Le problème est déjà sérieux, mais il devient ingérable quand le gouvernement a pour projet de confier les pouvoirs d’enquête judiciaire au Parquet sans ne rien changer à son statut hiérarchique. Là, il faut distinguer. Cette suppression du juge d’instruction n’était pas franchement un impératif, dès lors que depuis une quinzaine d’années, des droits avaient été retirés au juge et d’autres reconnus à la Défense. Ceci dit, pourquoi pas ? Sur le principe, confier l’enquête au Parquet, face à la Défense, a le mérite de la clarté. Mais il faut alors que le Parquet soit indépendant, pour devenir un autorité judicaire incontestable. Or, le projet devient insensé car le gouvernement n’envisage pas un instant d’abandonner son autorité hiérarchique sur le Parquet. Ce qui signifie que toutes les procédures seraient menacées par un arrêt de la Cour européenne des Droits de l’homme.  

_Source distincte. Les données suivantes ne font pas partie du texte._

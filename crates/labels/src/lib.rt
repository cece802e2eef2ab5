// Labels: what a goal still asks of the states to come, their progress by a step, and idling.
#![tactic(auto)]

pub mod binding;
mod compact;
mod connective;
mod each;
mod hash;
mod idle;
mod interval;
mod join;
pub mod known;
pub mod label;
mod look;
pub mod part;
mod progress;
mod read;
pub mod refusal;
pub mod state;
mod table;
pub mod theorems;
mod walk;
pub mod workspace;
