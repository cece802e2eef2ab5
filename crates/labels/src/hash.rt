ghost use Rattle.std.specs.Prelude.{◌≡◌, ◌<◌};
ghost use Rattle.labels.specs.Chains.{end_number, bucket};

use crate::part::Part;
use goals::time::Span;

// How many buckets a table has. The hash is our own and not a `HashMap`'s, whose insert asks for memory, which a step may not.
pub const BUCKETS: usize = 1024;

fn end_number(upper: Option<Span>) -> usize
    ensures value { result ≡ end_number upper }
    ensures bound { result < 65536 }
{
    upper.map_or(10001, |span| span.hours as usize)
}

// The bucket of a part.
#[tactic(auto, unfolding(crate::specs::Chains::bucket))]
pub fn hash(part: Part) -> usize
    ensures value { result ≡ bucket part }
    ensures bound { result < 1024 }
{
    match part {
        Part::True => 0,
        Part::False => 1,
        Part::Pending {
            node,
            binding,
            ends,
        } => {
            let outer = binding.outer as usize;
            let inner = binding.inner as usize;
            let lower = ends.lower.hours as usize;
            (node % 1024 * 7 + outer * 31 + inner * 57 + lower * 3 + end_number(ends.upper))
                % BUCKETS
        }
        Part::Not(x) => (x % 4096 * 3 + 2) % BUCKETS,
        Part::And(x, y) => (x % 4096 * 37 + y % 4096 * 102 + 3) % BUCKETS,
        Part::Or(x, y) => (x % 4096 * 41 + y % 4096 * 94 + 4) % BUCKETS,
    }
}
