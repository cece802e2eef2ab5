ghost use Rattle.std.specs.Prelude.{◌≡◌, ◌≢◌, ℕ, ◌<◌, ◌≤◌, true, [], ◌∷◌, length, IfOk, MatchOption, vec_len, vec_capacity, slice_index_or};
ghost use Rattle.labels.specs.declared.part.Part.TheVariants.{True};
ghost use Rattle.labels.specs.Chains.{Latest, Linked, Heads, Falls};
ghost use Rattle.labels.specs.Table.{composed, label_at, before, InOrder, NoTwins};
ghost use Rattle.labels.specs.Growth.{Added};

use crate::hash::{BUCKETS, hash};
use crate::part::Part;
use std::alloc::{AllocError, Global};

// The table has no room for another part.
#[derive(Clone, Copy)]
pub struct Full;

// At most LIMIT distinct parts, each behind its own; parts are found by chains, one for each bucket of a hash.
// A Vec of parts and one of links, not one of pairs: the parts are then a list that every definition reads as it is. A link is of
// four bytes, since all heads are emptied at each step.
#[derive(Drop)]
pub struct Table<const LIMIT: usize> {
    items: Vec<Part>,
    heads: Vec<Option<u16>>,
    next: Vec<Option<u16>>,
    ghost small: { LIMIT ≤ 4096 },
    ghost room: { LIMIT ≤ vec_capacity items },
    ghost few: { vec_len items ≤ LIMIT },
    ghost order: { InOrder items.items },
    ghost twins: { NoTwins items.items },
    ghost buckets: { vec_len heads ≡ 1024 },
    ghost beside: { vec_len next ≡ vec_len items },
    ghost spare: { LIMIT ≤ vec_capacity next },
    ghost latest: { Latest items.items heads.items },
    ghost linked: { Linked items.items next.items },
    ghost own: { Heads items.items heads.items },
    ghost earlier: { Falls items.items next.items },
}

impl<const LIMIT: usize> Table<LIMIT> {
    // An empty table.
    pub fn new(heap: Global) -> Result<Table<LIMIT>, AllocError>
        requires { LIMIT ≤ 4096 }
        ensures { IfOk result (λ t. t.items.items ≡ []) }
    {
        let items = Vec::with_capacity(heap, LIMIT)?;
        let heads = vec![in heap; None; BUCKETS]?;
        let next = Vec::with_capacity(heap, LIMIT)?;
        Ok(Table { items, heads, next })
    }

    // How many parts there are.
    pub fn len(&self) -> usize
        ensures { result ≡ length self.now.items.items }
    {
        self.items.len()
    }

    // The parts, each behind its own.
    pub fn parts(&self) -> &[Part]
        ensures { result.now ≡ self.now.items.items }
    {
        self.items.as_slice()
    }

    // The part at a place.
    pub fn part(&self, place: usize) -> Part
        requires { place < length self.now.items.items }
        ensures { result ≡ slice_index_or self.now.items.items place True }
    {
        self.items[place]
    }

    // Where the part stands.
    fn find(&self, part: Part) -> Option<usize>
        ensures { MatchOption result ((k : ℕ) → k < length self.now.items.items → slice_index_or self.now.items.items k True ≢ part) (λ k. (k < length self.now.items.items) × (slice_index_or self.now.items.items k True ≡ part)) }
    {
        let mut link = self.heads[hash(part)];
        while let Some(at) = link {
            let place = usize::from(at);
            if self.items[place] == part {
                return Some(place);
            }
            link = self.next[place];
        }
        None
    }

    // Finds the part or adds it, and tells where it stands. That a part's own parts stand before a place is asked here and wherever a
    // part is read against a list of places: no type can say it of a part alone.
    pub fn add(&mut self, part: Part) -> Result<usize, Full>
        requires { before (length self.old.items.items) part ≡ true }
        ensures { Added LIMIT self.old.items.items self.new.items.items (composed (label_at self.old.items.items) part) result }
    {
        if let Some(place) = self.find(part) {
            return Ok(place);
        }
        let n = self.items.len();
        if n >= LIMIT {
            return Err(Full);
        }
        let bucket = hash(part);
        let last = self.heads[bucket];
        self.items.push_reserved(part);
        self.next.push_reserved(last);
        self.heads[bucket] = Some(n as u16);
        Ok(n)
    }

    // Empties the table.
    pub fn clear(&mut self)
        ensures { self.new.items.items ≡ [] }
    {
        self.items.clear();
        self.next.clear();
        self.heads.fill(None);
    }
}
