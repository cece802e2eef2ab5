ghost use Rattle.std.specs.Prelude.{◌≡◌, vec_len};

use crate::label::LARGEST;
use crate::table::Table;
use std::alloc::{AllocError, Global};

// A step works out at most so many labels.
pub const MOST_WORK: usize = 4096;

// Room for the work of a step, used again by each step: the labels worked out, the new label, and for each part of a table
// the place that its progress or its copy has, and a mark.
// Places and marks are two Vecs: idling takes the marks alone, and a copy reads marks while it writes places.
#[derive(Drop)]
pub struct Workspace {
    pub(crate) work: Table<MOST_WORK>,
    pub(crate) fresh: Table<LARGEST>,
    pub(crate) places: Vec<usize>,
    pub(crate) marks: Vec<bool>,
    ghost long: { vec_len places ≡ 4096 },
    ghost beside: { vec_len marks ≡ 4096 },
}

impl Workspace {
    pub fn new(heap: Global) -> Result<Workspace, AllocError> {
        let work = Table::new(heap)?;
        let fresh = Table::new(heap)?;
        let places = vec![in heap; 0usize; MOST_WORK]?;
        let marks = vec![in heap; false; MOST_WORK]?;
        Ok(Workspace {
            work,
            fresh,
            places,
            marks,
        })
    }
}
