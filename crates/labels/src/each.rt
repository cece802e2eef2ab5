ghost use Rattle.std.specs.Prelude.{◌≡◌, ◌≤◌, true, length};
ghost use Rattle.labels.specs.Goals.{with_ends};
ghost use Rattle.labels.specs.Table.{before};
ghost use Rattle.labels.specs.Partwise.{moved};
ghost use Rattle.labels.specs.TableView.{parts_in};
ghost use Rattle.labels.specs.JobWalks.{node_of, Walks, WalksPart, WalksAll};

use crate::binding::Binding;
use crate::connective::Connective;
use crate::label::LARGEST;
use crate::part::Part;
use crate::read::node_at;
use crate::table::{Full, Table};
use crate::walk::{Step, Wait};
use crate::workspace::MOST_WORK;
use goals::goal::{Ends, Node};
use registers::register::Register;

impl<'a, R: Register> Step<'a, R> {
    // The progress of a pending part. Idling has such a function too, but gives a truth and no label: what both walk is two lines.
    // A part's number, binding and ends are what `Part::Pending` holds; a struct of its own for them would be taken apart here again.
    fn pending(
        &self,
        table: &mut Table<MOST_WORK>,
        number: usize,
        binding: Binding,
        ends: Ends,
    ) -> Result<usize, Full>
        ensures { Walks self.now.job.now (R.Register.meaning self.now.register.now) self.now.span table.old table.new (with_ends ends (node_of self.now.job.now number)) binding result }
    {
        match *node_at(self.job, number) {
            Node::Until(_, hold, reach) => {
                let wait = Wait::new(number, ends, hold, reach);
                self.until(table, wait, binding)
            }
            _ => self.node(table, number, binding),
        }
    }

    // The progress of one part, from where the progress of its own parts stands.
    fn one_part(
        &self,
        table: &mut Table<MOST_WORK>,
        part: Part,
        to: &[usize],
    ) -> Result<usize, Full>
        requires read { before (length to.now) part ≡ true }
        requires early { before (length (parts_in table.old)) (moved to.now part) ≡ true }
        ensures { WalksPart self.now.job.now (R.Register.meaning self.now.register.now) self.now.span table.old table.new part to.now result }
    {
        match part {
            Part::True | Part::False => table.add(part),
            Part::Pending {
                node,
                binding,
                ends,
            } => self.pending(table, node, binding, ends),
            Part::Not(x) => table.negate(to[x]),
            Part::And(x, y) => table.join(Connective::And, to[x], to[y]),
            Part::Or(x, y) => table.join(Connective::Or, to[x], to[y]),
        }
    }

    // The progress of every part of a table, each once and in its order; `to` tells where it stands.
    pub fn every_part(
        &self,
        table: &mut Table<MOST_WORK>,
        source: &Table<LARGEST>,
        to: &mut [usize],
    ) -> Result<(), Full>
        requires { length (parts_in source.now) ≤ length to.old }
        ensures { WalksAll self.now.job.now (R.Register.meaning self.now.register.now) self.now.span table.old table.new source.now to.new result }
    {
        for (k, part) in source.parts().iter().enumerate() {
            to[k] = self.one_part(table, *part, to)?;
        }
        Ok(())
    }
}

Tout le monde a bien compris: ce que Sarkozy et Fillon veulent, c’est limiter l’indépendance de la justice, et prendre via le ministère, le contrôle sur les enquêtes. Et ils font comme s’ils pouvaient voter tout et n’importe quoi parce qu’ils ont la majorité à l’Assemblée.  

Ce qui est très nouveau avec l’intervention de Jean-Louis Nadal, lors de cette audience officielle, c’est que la magistrature veut défendre son honneur et sa fonction. Les juges pourraient laisser faire, restant à leur rôle : appliquer la loi. Mais ils savent que c’est toute la justice française qui serait atteinte. On se rappellera la formule de Jean-Louis Nadal : l’obstacle n’est pas politique, mais juridique. Aujourd’hui, les juges refusent de se laisser entrainer dans la spirale de ce projet contre nature, qui veut fouler au pied ce qui est l’essence de la justice : son indépendance vis-à-vis du pouvoir.